3. Body‑mass distribution – Using Damuth’s law (population density ∝ m^‑3/4) together with an empirically observed species‑mass distribution S(m) ∝ m^0.5, the paper derives an individual‑mass distribution P(m) ∝ m^‑3/2. Integrating this from a lower bound of 10 kg yields p(B|A) ≈ 10⁻⁵, where B is the observation that our body mass exceeds 10 kg and A is the hypothesis that all animals are conscious.

The author then casts the problem in a Bayesian framework. Assuming a prior p(A)=1 (i.e., we are completely open to the hypothesis that all animals are conscious) and estimating p(B) via an anthropic “Gott” argument (p(B) > 1‑c for some confidence level c), he arrives at a posterior probability p(A|B) ≈ c ≈ 0.003. In other words, there is a 99.7 % confidence that the hypothesis “all animals are conscious” is false, which he interprets as strong evidence that most animals—especially insects and other small organisms—lack consciousness.

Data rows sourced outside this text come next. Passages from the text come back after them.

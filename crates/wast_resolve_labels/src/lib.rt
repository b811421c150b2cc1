//! Labels: the enclosing blocks of an instruction, and the depth of a label among them.
//!
//! `wast_resolve_passes` walks expressions with [`Labels`], to replace labels by depths and to
//! check those at `else` and `end`.
//!
//! # Example
//!
//!     let mut labels = Labels::new(rt.alloc());
//!     open_many(&rt, &mut labels, id("l"));
//!     let mut branch = Index::Id(id("l"));
//!     assert!(rt; labels.number(&mut branch) == Ok(0));
//!
//! # Modules
//!
//! - `labels`: opening and closing blocks, look-ups, and the checks E4 and E8.
//! - `index`: an index of blocks by label, for deep nesting. `marks`: two bytes of a label,
//!   compared first.
//! - `laws`: theorems for proofs about whole expressions. `examples`: an expression that computes.
#![tactic(auto)]

mod examples;
mod index;
mod labels;
mod laws;
mod marks;

pub use labels::Labels;
pub use laws::{expecting_law, walking_law};
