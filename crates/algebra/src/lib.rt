// No code: finite sums, congruence mod q, matrices of words, and whole numbers with a sign, with their laws.
#![tactic(auto)]
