// Finds what a listing shows: the text of a query is read and held to a file, and the file is scanned, each once.

#![tactic(auto)]

ghost use Rattle.finding.specs.Finding.{FoundBy, FoundIn};
ghost use Rattle.std.specs.Prelude.{Ok};

use limits::{MOST_BITS, MOST_TESTS};
use query::Query;
use refusals::Refusal;
use register::{Register, Shape};
use text::Asked;

// What a listing shows: the register's shape, how many rows match, how many bytes each test needed, and
// the query. The bits of the rows stand beside it.
#[derive(Clone, Copy)]
pub struct Found {
    pub shape: Shape,
    pub matches: usize,
    pub counts: [usize; MOST_TESTS],
    pub query: Query,
}

// Finds what the listing of a file and a query's text shows, and leaves the bits of the rows found.
pub fn find(file: &[u8], text: &[u8], bits: &mut [u8; MOST_BITS]) -> Result<Found, Refusal>
    ensures { FoundIn file.now text.now bits.old bits.new result }
{
    let asked = text::read(text)?;
    find_rows(file, asked, bits)
}

// Holds what a text asks to the file, which opens it, and scans it.
fn find_rows(file: &[u8], asked: Asked, bits: &mut [u8; MOST_BITS]) -> Result<Found, Refusal>
    ensures { FoundBy file.now (Ok asked) bits.old bits.new result }
{
    let query = asked.query;
    let shape = asking::ask(file, asked.size, query)?;
    let register = Register { file, shape };
    let scanned = scan::scan_rows(&register, asked.size, query, bits);
    let counts = scanned.counts;
    Ok(Found {
        shape,
        matches: scanned.matches,
        counts,
        query,
    })
}
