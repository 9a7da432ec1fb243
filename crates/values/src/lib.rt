// The values that are read in full, each from the begin of its octets to the end of what encloses it:
// identities, TMGI, numbers of one octet and of two, Cause, Time to Wait.
#![tactic(auto)]

ghost use Rattle.std.specs.Prelude.{◌≡◌};
ghost use Rattle.values.specs.Values.{identity_at, one_at, two_at, tmgi_at, root_of, bits_of_root, cause_at, wait_at, seconds};

use identity::{Identity, Plmn, Service, Tmgi};
use octets::Stop;

#[derive(Clone, Copy)]
pub struct Cause {
    pub group: u8,
    pub value: u8,
}

// A number of two octets and nothing behind it.
#[tactic(auto, using(octets::proofs::Got::number_got), unfolding(crate::specs::Values::two_at))]
pub fn two_at(s: &[u8], at: usize) -> Result<u16, Stop>
    ensures { result ≡ two_at s.now at }
{
    let v = octets::two_at(s, at)?;
    octets::ends_at(s, at + 2)?;
    Ok(v)
}

// An identity, of the MME's series or of the MCE's.
#[tactic(auto, unfolding(crate::specs::Values::identity_at))]
pub fn identity_at<I: Identity>(s: &[u8], at: usize) -> Result<I, Stop>
    ensures { result ≡ identity_at I.numbered s.now at }
{
    let v = two_at(s, at)?;
    Ok(I::numbered(v))
}

// A number of one octet and nothing behind it.
#[tactic(auto, using(octets::proofs::Got::number_got), unfolding(crate::specs::Values::one_at))]
pub fn one_at(s: &[u8], at: usize) -> Result<u8, Stop>
    ensures { result ≡ one_at s.now at }
{
    let v = octets::octet_at(s, at)?;
    octets::ends_at(s, at + 1)?;
    Ok(v)
}

// A TMGI: no extensions, three octets of PLMN, three of service.
#[tactic(auto, using(octets::proofs::Got::string_got), unfolding(crate::specs::Values::tmgi_at))]
pub fn tmgi_at(s: &[u8], at: usize) -> Result<Tmgi, Stop>
    ensures { result ≡ tmgi_at s.now at }
{
    octets::plain_at(s, at, 0)?; // no extensions
    octets::pad_at(s, at, 1)?;
    let p = octets::array_at::<3>(s, at + 1)?;
    let v = octets::array_at::<3>(s, at + 4)?;
    octets::ends_at(s, at + 7)?;
    Ok(Tmgi {
        plmn: Plmn(p[0], p[1], p[2]),
        service: Service(v[0], v[1], v[2]),
    })
}

// The groups of causes, radio network, transport, NAS, protocol, miscellaneous: how many root values each has, and the bits of their numbers.
const ROOTS: [u8; 5] = [8, 2, 1, 7, 5];

const WIDTHS: [u8; 5] = [3, 1, 0, 3, 3];

// There are none in any other group.
pub fn root_of(group: u8) -> u8
    ensures { result ≡ root_of group }
{
    ROOTS.get(group as usize).copied().unwrap_or(0)
}

pub fn width_of(group: u8) -> u8
    ensures { result ≡ bits_of_root group }
{
    WIDTHS.get(group as usize).copied().unwrap_or(0)
}

// A cause: its group, and its number among the group's root values.
#[tactic(auto, using(octets::proofs::Got::choice_got), unfolding(crate::specs::Values::cause_at))]
pub fn cause_at(s: &[u8], at: usize) -> Result<Cause, Stop>
    ensures { result ≡ cause_at s.now at }
{
    octets::plain_at(s, at, 0)?;
    let group = octets::choice_at(5, 3, s, at, 1)?;
    octets::plain_at(s, at, 4)?;
    let width = width_of(group);
    let value = octets::choice_at(root_of(group), width, s, at, 5)?;
    octets::pad_at(s, at, 5 + width)?;
    octets::ends_at(s, at + 1)?;
    Ok(Cause { group, value })
}

// A Time to Wait: its number among the root values.
#[tactic(auto, using(octets::proofs::Got::choice_got), unfolding(crate::specs::Values::wait_at))]
pub fn wait_at(s: &[u8], at: usize) -> Result<u8, Stop>
    ensures { result ≡ wait_at s.now at }
{
    octets::plain_at(s, at, 0)?;
    let v = octets::choice_at(6, 3, s, at, 1)?;
    octets::pad_at(s, at, 4)?;
    octets::ends_at(s, at + 1)?;
    Ok(v)
}

// The seconds of the root values.
const WAITS: [u16; 6] = [1, 2, 5, 10, 20, 60];

// There are none outside the root.
pub fn seconds_of(v: u8) -> u16
    ensures { result ≡ seconds v }
{
    WAITS.get(v as usize).copied().unwrap_or(0)
}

The paper also discusses why the same reasoning does not rule out consciousness in mammals: using the smallest known mammal (the pygmy shrew, ~2 g) yields a lower confidence (≈90 %) that all mammals are conscious, which the author deems statistically insignificant.

Critical appraisal

• Reference‑class choice: By including every conceivable conscious being, the analysis implicitly assumes that humans are typical observers, which is precisely the point under dispute. A narrower reference class (e.g., only mammals, or only vertebrates) would change the probabilities dramatically.
• Prior probability: Setting p(A)=1 is an extreme, unjustified assumption. A more realistic prior—reflecting the scientific uncertainty about universal animal consciousness—would be far lower, and the posterior would be correspondingly higher, weakening the conclusion.
• Data fitting: The paper prefers a 1/x power law for country populations despite clear evidence that a log‑normal distribution provides a vastly better fit (likelihood ratio ≈10¹¹). This selective modeling undermines the claim that the 1/x law “neutralizes” observer bias.
• Biological simplifications: The use of Damuth’s law and the species‑mass relationship assumes that body mass alone captures the relevant ecological and physiological factors governing consciousness. It ignores neural complexity, behavioral flexibility, and social organization, all of which are argued to correlate with conscious experience. Moreover, ant colonies exhibit super‑organismal properties that make individual‑level abundance statistics problematic.
• Definition of consciousness: The paper treats consciousness as a binary property, yet most philosophers and neuroscientists view it as a spectrum or as a set of graded capacities. Without a measurable proxy, the probabilistic inference rests on an ill‑defined predicate.

Conclusion
While the paper presents an inventive application of anthropic reasoning and Bayesian inference, its conclusions rely on several fragile premises: an overly broad and arguably inappropriate reference class, an unjustified uniform prior, selective use of power‑law approximations, and a simplistic operationalization of consciousness via body mass and species abundance. Consequently, the claim that “the vast bulk of the animal kingdom is unlikely to be conscious” should be treated as a provocative hypothesis rather than a definitive result. A more robust approach would integrate multiple biological indicators of conscious processing, employ empirically validated statistical models, and adopt priors that reflect genuine scientific uncertainty.